I am sure, however, that we would all agree, having seen this report, that we must keep a close eye on the effectiveness of the arrangements that we put in place and on whether they deliver the higher quality of care and reduce the problems that give rise to this report.

The Blom-Cooper recommendations were taken and applied across the board to all the patient groups within the hospital with very great problems caused by the application to the personality disorder unit where it was singularly inappropriate to relax the security. We do not want to fall into the same trap by applying the answers to the problems of the personality disorder unit--which contains a minority of the patients in the institution--across the board. I believe that we need a more focused and differentiated approach within an overall strategy of reducing isolation, ensuring that we have high levels of security, inspection and accountability.

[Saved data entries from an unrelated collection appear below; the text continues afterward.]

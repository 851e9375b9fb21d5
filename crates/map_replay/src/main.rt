// Runs the map over the operations on standard input, and writes a line for each: a test against another implementation.
#![tactic(auto)]

use alias_map::layout::WORDS;
use headers::alias::Alias;
use headers::frame::Frame;
use headers::refusal::Numbered;
use reading::read_full;
use std::io;
use std::io::Read;

// More operations than this are not run.
const MOST: usize = 100_000;

// The next bytes of the input; 0 in place of those that it lacks.
fn next_bytes<const N: usize>(input: &mut impl Read) -> io::Result<[u8; N]> {
    let mut bytes = [0; N];
    read_full(input, &mut bytes)?;
    Ok(bytes)
}

fn next_frame(input: &mut impl Read) -> io::Result<Frame> {
    let [kind, a, b, c, d, len, q, r, s, t, u, v, w, x]: [u8; 14] = next_bytes(input)?;
    Ok(Frame {
        kind,
        header: u32::from_be_bytes([a, b, c, d]),
        len,
        bytes: u64::from_be_bytes([q, r, s, t, u, v, w, x]),
    })
}

fn note(rt: &impl Print, map: &mut [u64; WORDS], frame: Frame) -> io::Result<()> {
    match alias_map::note::note(map, frame) {
        Ok(()) => println!(rt; "ok"),
        Err(refusal) => println!(rt; "refused {}", refusal.number()),
    }
}

fn look_up_alias(rt: &impl Print, map: &[u64; WORDS], operands: [u8; 2]) -> io::Result<()> {
    match alias_map::by_alias::id_of(map, Alias(u16::from_be_bytes(operands))) {
        Ok(hit) => println!(rt; "ok {:012X} {}", hit.value, hit.compared),
        Err(refusal) => println!(rt; "refused {}", refusal.number()),
    }
}

fn look_up_id(rt: &impl Print, map: &[u64; WORDS], operands: [u8; 6]) -> io::Result<()> {
    let [a, b, c, d, e, f] = operands;
    match alias_map::by_id::alias_of(map, u64::from_be_bytes([0, 0, a, b, c, d, e, f])) {
        Ok(hit) => println!(rt; "ok {:03X} {}", hit.value.0, hit.compared),
        Err(refusal) => println!(rt; "refused {}", refusal.number()),
    }
}

// One operation: 0 notes a frame, 1 looks an alias up, 2 a Node ID, 3 begins with an empty map. A byte of the input as it came: any
// other prints that it is unknown.
fn carry_out(
    rt: &impl Print,
    input: &mut impl Read,
    map: &mut [u64; WORDS],
    operation: u8,
) -> io::Result<()> {
    match operation {
        0 => note(rt, map, next_frame(input)?),
        1 => look_up_alias(rt, map, next_bytes(input)?),
        2 => look_up_id(rt, map, next_bytes(input)?),
        3 => {
            alias_map::map::new(map);
            println!(rt; "new")
        }
        _ => println!(rt; "unknown"),
    }
}

fn main(rt: HostRuntime) -> io::Result<()> {
    let mut input = rt.stdin();
    let mut map = [0; WORDS];
    alias_map::map::new(&mut map);
    for _ in 0..MOST {
        let mut operation = [0];
        if read_full(&mut input, &mut operation)? == 0 {
            break;
        }
        carry_out(&rt, &mut input, &mut map, operation[0])?;
    }
    Ok(())
}
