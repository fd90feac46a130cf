//! `save`: the graph file is read into a store, and the text of its graph is put.
ghost use Rattle.std.specs.Prelude.{◌≡◌, ◌≤◌, Some, List, ℕ, Option, OnOk, OnErr, IfErr};
ghost use Rattle.std.specs.Io.KnownBytes.{Appends};
ghost use Rattle.flux_outside.specs.Causes.{Rose};
ghost use Rattle.flux_outside.specs.Reads.{Read, NoEmptyPut};
ghost use Rattle.flux_outside.specs.Told.{AppendsFront};
ghost use Rattle.flux_model.specs.Graph.{empty_graph};
ghost use Rattle.flux_model.specs.GraphText.{graph_text};
ghost use Rattle.flux_model.specs.Limits.{IsFair};
ghost use Rattle.flux_model.specs.Verdict.{Save, Done};
ghost use Rattle.watch_cli.specs.AskedByRun.{EndsAtReadFault, AskedByRun};
ghost use Rattle.watch_cli.specs.RunEnds.{RunEndsAs, RunEndsBefore, ReadFails, StatusWhere};
ghost use Rattle.watch_cli.specs.EarlyEnds.{IsEarly, WriteEnds};

use crate::report::put_report;
use crate::status::{InputFile, Status};
use file_reading::read_store;
use flux_model::{Ledger, Limits, Steps};
use flux_outside::{Shelf, Sink};
use graph_traits::{KeepGraph, ReadGraph};
use snapshot_text::write_graph;
use std::alloc::Global;

/// Reads the graph file of this name into an empty store, and puts the text of its graph. It reads no updates, whatever is left of them.
pub fn save_graph<F: Shelf, G: KeepGraph + ReadGraph<L>, W: Sink, L: Ledger>(
    alloc: Global,
    limits: &Limits,
    name: &str,
    empty: G,
    shelf: &mut F,
    out: &mut W,
    steps: &mut Steps<L>,
) -> Result<(), Status>
    requires fair { IsFair limits.now }
    requires limits { G.limits empty ≡ limits.now }
    requires empty { G.graph empty ≡ empty_graph }
    ensures ok { (left : Option (List ℕ)) → OnOk result (RunEndsAs limits.now (F.files shelf.old) (Some (Save name.now))
        left (W.taken out.old) (W.taken out.new) Done) }
    ensures front { (left : Option (List ℕ)) → RunEndsBefore limits.now (F.files shelf.old) (Some (Save name.now))
        left (W.taken out.old) (W.taken out.new) }
    ensures status { (left : Option (List ℕ)) (read : ℕ) → IfErr result (StatusWhere
        (RunEndsAs limits.now (F.files shelf.old) (Some (Save name.now)) left (W.taken out.old) (W.taken out.new))
        (ReadFails limits.now (F.files shelf.old) (Some (Save name.now))
        (F.faults shelf.old) (F.faults shelf.new) read read left left (W.taken out.old) (W.taken out.new))
        (Rose (W.faults out.old) (W.faults out.new))) }
    ensures early { IfErr result IsEarly }
    ensures asked { (updates : List Read) → AskedByRun limits.now (F.files shelf.old) (Save name.now) (EndsAtReadFault result)
        (F.reads shelf.old) (F.reads shelf.new) updates updates }
    ensures puts { NoEmptyPut (W.puts out.old) (W.puts out.new) }
{
    let graph = match read_store(alloc, limits, shelf, name, empty) {
        Ok(graph) => graph,
        Err(stop) => return Err(Status::of(InputFile::Graph, stop)),
    };
    put_graph(alloc, &graph, out, steps)
}

/// Puts the text of a graph, which is made whole before.
fn put_graph<G: ReadGraph<L>, W: Sink, L: Ledger>(
    alloc: Global,
    graph: &G,
    out: &mut W,
    steps: &mut Steps<L>,
) -> Result<(), Status>
    ensures ok { OnOk result (Appends (W.taken out.old) (W.taken out.new) (graph_text (G.graph graph.now))) }
    ensures err { OnErr result (AppendsFront (W.taken out.old) (W.taken out.new) (graph_text (G.graph graph.now))) }
    ensures later { W.faults out.old ≤ W.faults out.new }
    ensures status { IfErr result (WriteEnds (W.faults out.old) (W.faults out.new)) }
    ensures puts { NoEmptyPut (W.puts out.old) (W.puts out.new) }
{
    let mut text = Vec::new(alloc);
    let Ok(()) = write_graph(alloc, graph, &mut text, steps) else {
        return Err(Status::Memory);
    };
    put_report(&mut text, out)
}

Parliamentary Scrutiny of the Third Pillar: ECC Report

4.56 p.m.

Debate resumed.

Lord Howell of Guildford: My Lords, like the noble Lord, Lord Clinton-Davis, the distinguished former European Commissioner, I was not a member of the committee which produced the report we are debating. I therefore have no hesitation in giving unqualified praise to my noble friend Lord Kingsland and his colleagues for their work and for tackling this subject with such constructive focus.

I believe that we should banish all illusions that this is a rather obscure and dry matter. It is of massive importance to the way in which our democracy shapes and the way in which we tackle the trends towards globalisation and internationalism which tend to dominate more and more aspects of everybody's lives at all levels.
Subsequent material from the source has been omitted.